Eli Lilly is testing several other drugs aimed at clearing amyloid from the brain while rival medicines are being used in late-stage studies by a clutch of competing drugmakers including Biogen, Roche, Johnson & Johnson and Merck in the US.
“This result will no doubt cast a shadow over Lilly’s Alzheimer’s pipeline portfolio, which is heavily based on the amyloid hypothesis,” said Seamus Fernandez, an analyst at Leerink.
He added: “Other competitors’ programs based on this hypothesis will probably continue, but this will likely have negative read-through on these results in the short term.”
The feeling of gloom among pharmaceuticals investors was compounded by the news that trials of another closely watched treatment had to be halted following the death of several patients on the study.
More than $1bn was wiped from the market value of Juno after the biotech company revealed it had suspended a clinical trial of its experimental cancer therapy for the second time in five months following the death of two further patients, bringing the total number of fatalities to six.
In an interview before the Sola data were published, Dr Martin Farlow, a leading neurologist, said an outright failure would be damaging for the field and could deter investors from backing other medicines designed to reduce amyloid.
“It’s a very well-organised test of the amyloid hypothesis with a convincing number of patients, so in that sense I think it would be received very badly,” said Dr Farlow, who was one of the doctors investigating Sola.
Eli Lilly said the results from the trial of 2,000 participants, “directionally favoured the drug, [but] the magnitudes of difference were small”. It said it had no plans to seek regulatory approval for the medicine.
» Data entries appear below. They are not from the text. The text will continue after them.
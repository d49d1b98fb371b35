ghost use Rattle.std.specs.Prelude.{◌-◌, ◌<◌, ◌^◌, length};

use crate::caches::{FREE, alloc_of, dense_of, done, fill, give, made, numbered, row, single};
use crate::contents::RULES;
use crate::homed::are_short;
use pa_audit_holders::holders_meet;
use pa_audit_records::{Salt, records_of, slots_meet};
use pa_buckets::Class;
use pa_dense::DenseJournal;
use pa_record::{Answer, Entry, RootAct, RootEntry};
use pa_rules::Place;
use pa_slot::OutOfMemory;
use pa_trace::{Line, Op};
use std::alloc::Global;
use std::test::Fail;

// What the checker returns: the first place that doesn't meet its demand.
#[derive(Clone, Copy, Debug, PartialEq, Eq)]
enum First {
    Nowhere,
    At(Place),
    // The checker doesn't take these lists.
    Unfit,
}

fn first_of(
    alloc: Global,
    lines: &[Line],
    entries: &[Entry],
    roots: &[DenseJournal],
) -> Result<First, OutOfMemory>
    requires lines { length lines.now < 2 ^ 32 - 2 }
{
    let told = records_of(alloc, RULES, lines, entries)?;
    let records = told.as_slice();
    if roots.len() > 4 || !are_short(roots) {
        return Ok(First::Unfit);
    }
    let salt = Salt::of(records, roots);
    let slots = slots_meet(alloc, salt, records)?;
    match slots {
        Some(_at) => Ok(First::Unfit),
        None => {
            let place = holders_meet(alloc, salt, records, roots)?;
            match place {
                Some(place) => Ok(First::At(place)),
                None => Ok(First::Nowhere),
            }
        }
    }
}

fn line(thread: u32, op: Op) -> Line {
    Line::Do { thread, op }
}

fn entry(line: u32, thread: u32, answer: Answer) -> Entry {
    Entry {
        line,
        thread,
        answer,
    }
}

// A slot is made, freed and made again, the second time on line 4 by this thread.
fn again_lines(thread: u32) -> [Line; 3] {
    [
        line(0, alloc_of(8)),
        line(0, FREE),
        line(thread, alloc_of(8)),
    ]
}

fn again_entries(thread: u32) -> [Entry; 3] {
    [
        entry(2, 0, made(0x4000, 0, 0)),
        entry(3, 0, done(0x4000, 0, 0x1000001)),
        entry(4, thread, made(0x4000, 0, 0x2000000)),
    ]
}

// One journal, with a fill on line 2 of slots of which the first has this number, and one more entry.
fn filled(alloc: Global, number: u64, more: Option<RootEntry>) -> Result<Vec<DenseJournal>, Fail> {
    let class = Class::of(0).ok_or("no such class")?;
    let mut entries = Vec::new(alloc);
    entries.push(fill(2, class, Some(0), row(number, 0x4010)))?;
    match more {
        Some(entry) => entries.push(entry)?,
        None => {}
    }
    let mut roots = Vec::new(alloc);
    roots.push(dense_of(alloc, entries)?)?;
    Ok(roots)
}

// What is returned if line 4 is this thread's and the journal has this entry more.
fn again(alloc: Global, thread: u32, more: Option<RootEntry>) -> Result<First, Fail> {
    let roots = filled(alloc, 0, more)?;
    let first = first_of(alloc, &again_lines(thread), &again_entries(thread), &roots)?;
    Ok(first)
}

#[test]
fn a_thread_makes_again_what_it_freed(rt: HostRuntime) -> Result<(), Fail> {
    let first = again(rt.alloc(), 0, None)?;
    assert!(rt; first == First::Nowhere);
    Ok(())
}

// Thread 1 makes what thread 0 freed, with no entry between.
#[test]
fn another_thread_makes_it_again(rt: HostRuntime) -> Result<(), Fail> {
    let first = again(rt.alloc(), 1, None)?;
    assert!(rt; first == First::At(Place::Record(2)));
    Ok(())
}

// A fill of a slot that its thread has. It makes the thread of its line the holder all the same, so that the record fits.
#[test]
fn a_fill_of_a_slot_that_a_thread_has(rt: HostRuntime) -> Result<(), Fail> {
    let alloc = rt.alloc();
    let class = Class::of(0).ok_or("no such class")?;
    let first = again(alloc, 1, Some(fill(4, class, None, single(2))))?;
    assert!(rt; first == First::At(Place::Root(0, 1)));
    Ok(())
}

// A thread gives back what another one has: the slot is the root's from then on, and the record comes above the entry.
#[test]
fn a_give_by_another_thread(rt: HostRuntime) -> Result<(), Fail> {
    let first = again(rt.alloc(), 1, Some(give(4, single(2))))?;
    assert!(rt; first == First::At(Place::Record(2)));
    Ok(())
}

// A thread gives back another slot, at a number at which it isn't free.
#[test]
fn a_give_of_a_slot_that_is_not_free(rt: HostRuntime) -> Result<(), Fail> {
    let first = again(rt.alloc(), 0, Some(give(4, single(1))))?;
    assert!(rt; first == First::At(Place::Root(0, 1)));
    Ok(())
}

// A fill names its first slot at a number that no step left.
#[test]
fn a_fill_at_another_number(rt: HostRuntime) -> Result<(), Fail> {
    let alloc = rt.alloc();
    let roots = filled(alloc, 1, None)?;
    let first = first_of(
        alloc,
        &[line(0, Op::Purge)],
        &[entry(2, 0, Answer::Purged { slots: 0 })],
        &roots,
    )?;
    assert!(rt; first == First::At(Place::Root(0, 0)));
    Ok(())
}

fn map(line: u32) -> RootEntry {
    RootEntry {
        line,
        act: RootAct::Map {
            pool: 0,
            slot: numbered(0x4000, 0, 0).slot,
            len: 2_002_944,
        },
    }
}

fn unmap(line: u32, number: u64) -> RootEntry {
    RootEntry {
        line,
        act: RootAct::Unmap {
            pool: 1,
            slot: numbered(0x4000, 0, number),
        },
    }
}

// A direct map is made and goes back on line 3, and the journal has this entry after it.
fn mapped(alloc: Global, more: Option<RootEntry>) -> Result<Vec<DenseJournal>, Fail> {
    let mut entries = Vec::new(alloc);
    entries.push(map(2))?;
    entries.push(unmap(3, 2))?;
    match more {
        Some(entry) => entries.push(entry)?,
        None => {}
    }
    let mut roots = Vec::new(alloc);
    roots.push(dense_of(alloc, entries)?)?;
    Ok(roots)
}

// A direct map is made and freed once.
#[test]
fn a_direct_map_goes_back(rt: HostRuntime) -> Result<(), Fail> {
    let alloc = rt.alloc();
    let roots = mapped(alloc, None)?;
    let lines = [line(0, alloc_of(2_000_000)), line(0, FREE)];
    let entries = [
        entry(2, 0, made(0x4000, 0, 0)),
        entry(3, 0, done(0x4000, 0, 0x1000001)),
    ];
    let first = first_of(alloc, &lines, &entries, &roots)?;
    assert!(rt; first == First::Nowhere);
    Ok(())
}

// A direct map is made again after it was gone for good.
#[test]
fn a_direct_map_that_comes_again(rt: HostRuntime) -> Result<(), Fail> {
    let alloc = rt.alloc();
    let roots = mapped(alloc, None)?;
    let first = first_of(alloc, &again_lines(0), &again_entries(0), &roots)?;
    assert!(rt; first == First::At(Place::Record(2)));
    Ok(())
}

// An entry names a direct map once more, though the root has it at that number.
#[test]
fn a_direct_map_that_is_named_again(rt: HostRuntime) -> Result<(), Fail> {
    let alloc = rt.alloc();
    let class = Class::of(0).ok_or("no such class")?;
    let roots = mapped(alloc, Some(fill(3, class, None, single(2))))?;
    let lines = [line(0, alloc_of(2_000_000)), line(0, FREE)];
    let entries = [
        entry(2, 0, made(0x4000, 0, 0)),
        entry(3, 0, done(0x4000, 0, 0x1000001)),
    ];
    let first = first_of(alloc, &lines, &entries, &roots)?;
    assert!(rt; first == First::At(Place::Root(0, 2)));
    Ok(())
}
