ghost use Rattle.std.specs.Prelude.{◌-◌, ◌<◌, ◌^◌, length};

use crate::contents::{
    ALLOC, FIRST, READ, RULES, all_within, done, entry, gave, history, line, made, value,
};
use pa_audit_order::seen_meets;
use pa_audit_records::{Salt, exchanges_meet, records_of, swaps_meet};
use pa_record::{Answer, Entry, Held, History};
use pa_slot::OutOfMemory;
use pa_trace::{Line, Op};
use std::alloc::Global;
use std::test::Fail;

// The first record that is before itself, or finds too low a number. The greatest number if the cells don't hold.
fn seen_of(
    alloc: Global,
    lines: &[Line],
    entries: &[Entry],
    cells: &[History],
) -> Result<Option<u32>, OutOfMemory>
    requires lines { length lines.now < 2 ^ 32 - 2 }
    requires cells { length cells.now < 2 ^ 32 }
{
    let told = records_of(alloc, RULES, lines, entries)?;
    let records = told.as_slice();
    if !all_within(records) {
        return Ok(Some(u32::MAX));
    }
    if let Some(_at) = swaps_meet(records, cells) {
        return Ok(Some(u32::MAX));
    }
    let salt = Salt::of(records, &[]);
    let place = exchanges_meet(alloc, salt, records, cells)?;
    match place {
        Some(_) => Ok(Some(u32::MAX)),
        None => seen_meets(alloc, salt, records, cells),
    }
}

fn swap(cell: u32, reg: u32) -> Op {
    Op::Swap { cell, reg }
}

fn swapped(entry: u32) -> Answer {
    Answer::Swapped { entry }
}

// A thread makes an object and reads it, and found this word.
#[test]
fn a_thread_finds_what_it_left(rt: HostRuntime) {
    let lines = [line(0, ALLOC), line(0, READ)];
    let entries = [entry(2, 0, made(0)), entry(3, 0, value(0x100_0001, 0))];
    assert!(rt; seen_of(rt.alloc(), &lines, &entries, &[]) == Ok(None));
}

#[test]
fn seen_tells_a_thread_that_finds_less_than_it_left(rt: HostRuntime) {
    let lines = [line(0, ALLOC), line(0, READ), line(0, READ)];
    let entries = [
        entry(2, 0, made(0)),
        entry(3, 0, value(0x100_0001, 0)),
        entry(4, 0, value(1, 0)),
    ];
    assert!(rt; seen_of(rt.alloc(), &lines, &entries, &[]) == Ok(Some(2)));
}

// Thread 1 finds the number 0 of a slot that thread 0 issued, with this line between them.
fn apart_told(alloc: Global, between: Line) -> Result<Option<u32>, OutOfMemory> {
    let lines = [line(0, ALLOC), between, line(1, READ)];
    let read = entry(4, 1, value(1, 0));
    match between {
        Line::Phase => seen_of(alloc, &lines, &[entry(2, 0, made(0)), read], &[]),
        Line::Do { .. } => {
            let purge = entry(3, 1, Answer::Purged { slots: 0 });
            seen_of(alloc, &lines, &[entry(2, 0, made(0)), purge, read], &[])
        }
    }
}

#[test]
fn threads_of_one_phase_see_nothing_of_each_other(rt: HostRuntime) {
    let told = apart_told(rt.alloc(), line(1, Op::Purge));
    assert!(rt; told == Ok(None));
}

#[test]
fn seen_tells_less_than_an_earlier_phase_left(rt: HostRuntime) {
    let told = apart_told(rt.alloc(), Line::Phase);
    assert!(rt; told == Ok(Some(1)));
}

// Thread 0 makes an object and gives it to thread 1, which gives it to thread 2, which reads and found this word.
fn chain_lines() -> [Line; 6] {
    [
        line(0, ALLOC),
        line(0, swap(0, 0)),
        line(1, swap(0, 0)),
        line(1, swap(1, 0)),
        line(2, swap(1, 0)),
        line(2, READ),
    ]
}

fn chain_entries(word: u64) -> [Entry; 6] {
    [
        entry(2, 0, made(0)),
        entry(3, 0, swapped(0)),
        entry(4, 1, swapped(1)),
        entry(5, 1, swapped(0)),
        entry(6, 2, swapped(1)),
        entry(7, 2, value(word, 0)),
    ]
}

// What is returned of the chain of three threads, if the first exchange gives this.
fn chain_told(alloc: Global, given: Held, word: u64) -> Result<Option<u32>, OutOfMemory> {
    let first = [gave(3, given, Held::Nothing), gave(4, Held::Nothing, given)];
    let second = [
        gave(5, Held::Own(FIRST), Held::Nothing),
        gave(6, Held::Nothing, Held::Own(FIRST)),
    ];
    let cells = [history(alloc, &first)?, history(alloc, &second)?];
    seen_of(alloc, &chain_lines(), &chain_entries(word), &cells)
}

#[test]
fn a_handle_carries_what_its_givers_saw(rt: HostRuntime) {
    let told = chain_told(rt.alloc(), Held::Own(FIRST), 0x100_0001);
    assert!(rt; told == Ok(None));
}

#[test]
fn seen_tells_less_than_a_giver_of_a_giver_left(rt: HostRuntime) {
    let told = chain_told(rt.alloc(), Held::Own(FIRST), 1);
    assert!(rt; told == Ok(Some(5)));
}

#[test]
fn an_exchange_that_gives_nothing_tells_nothing(rt: HostRuntime) {
    let told = chain_told(rt.alloc(), Held::Nothing, 1);
    assert!(rt; told == Ok(None));
}

// Two threads that each got a handle by an exchange which they made before the other's: a ring.
#[test]
fn seen_tells_a_record_that_is_before_itself(rt: HostRuntime) -> Result<(), Fail> {
    let lines = [
        line(0, ALLOC),
        line(0, swap(0, 0)),
        line(0, swap(1, 0)),
        line(1, swap(1, 0)),
        line(1, swap(0, 0)),
    ];
    let entries = [
        entry(2, 0, made(0)),
        entry(3, 0, swapped(1)),
        entry(4, 0, swapped(0)),
        entry(5, 1, swapped(1)),
        entry(6, 1, swapped(0)),
    ];
    let handle = Held::Own(FIRST);
    let first = [gave(6, handle, Held::Nothing), gave(3, handle, handle)];
    let second = [gave(4, handle, Held::Nothing), gave(5, handle, handle)];
    let cells = [history(rt.alloc(), &first)?, history(rt.alloc(), &second)?];
    assert!(rt; seen_of(rt.alloc(), &lines, &entries, &cells) == Ok(Some(1)));
    Ok(())
}

#[test]
fn a_free_of_the_other_thread_is_seen_after_its_phase(rt: HostRuntime) {
    let lines = [
        line(0, ALLOC),
        line(0, Op::Free { reg: 0 }),
        Line::Phase,
        line(1, ALLOC),
        line(1, READ),
    ];
    let entries = [
        entry(2, 0, made(0)),
        entry(3, 0, done(0x100_0001)),
        entry(5, 1, made(0x200_0000)),
        entry(6, 1, value(0x300_0001, 0)),
    ];
    assert!(rt; seen_of(rt.alloc(), &lines, &entries, &[]) == Ok(None));
    let mut early = entries;
    early[2].answer = made(0x100_0000);
    assert!(rt; seen_of(rt.alloc(), &lines, &early, &[]) == Ok(Some(2)));
}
Dave Ricks, who will take over as Eli Lilly chief executive in January, said: “Obviously the people closest to the programme are really disappointed. This is not going to be a disease-modifying therapy, and that is heartbreaking.”
Shares in Lilly lost 12 per cent in early trading in New York, wiping more than $10bn from the group’s market capitalisation.
Biogen, which is developing a rival medicine, fell 6 per cent, even as some analysts argued, somewhat implausibly, that the failure of Sola was good news for the biotech group.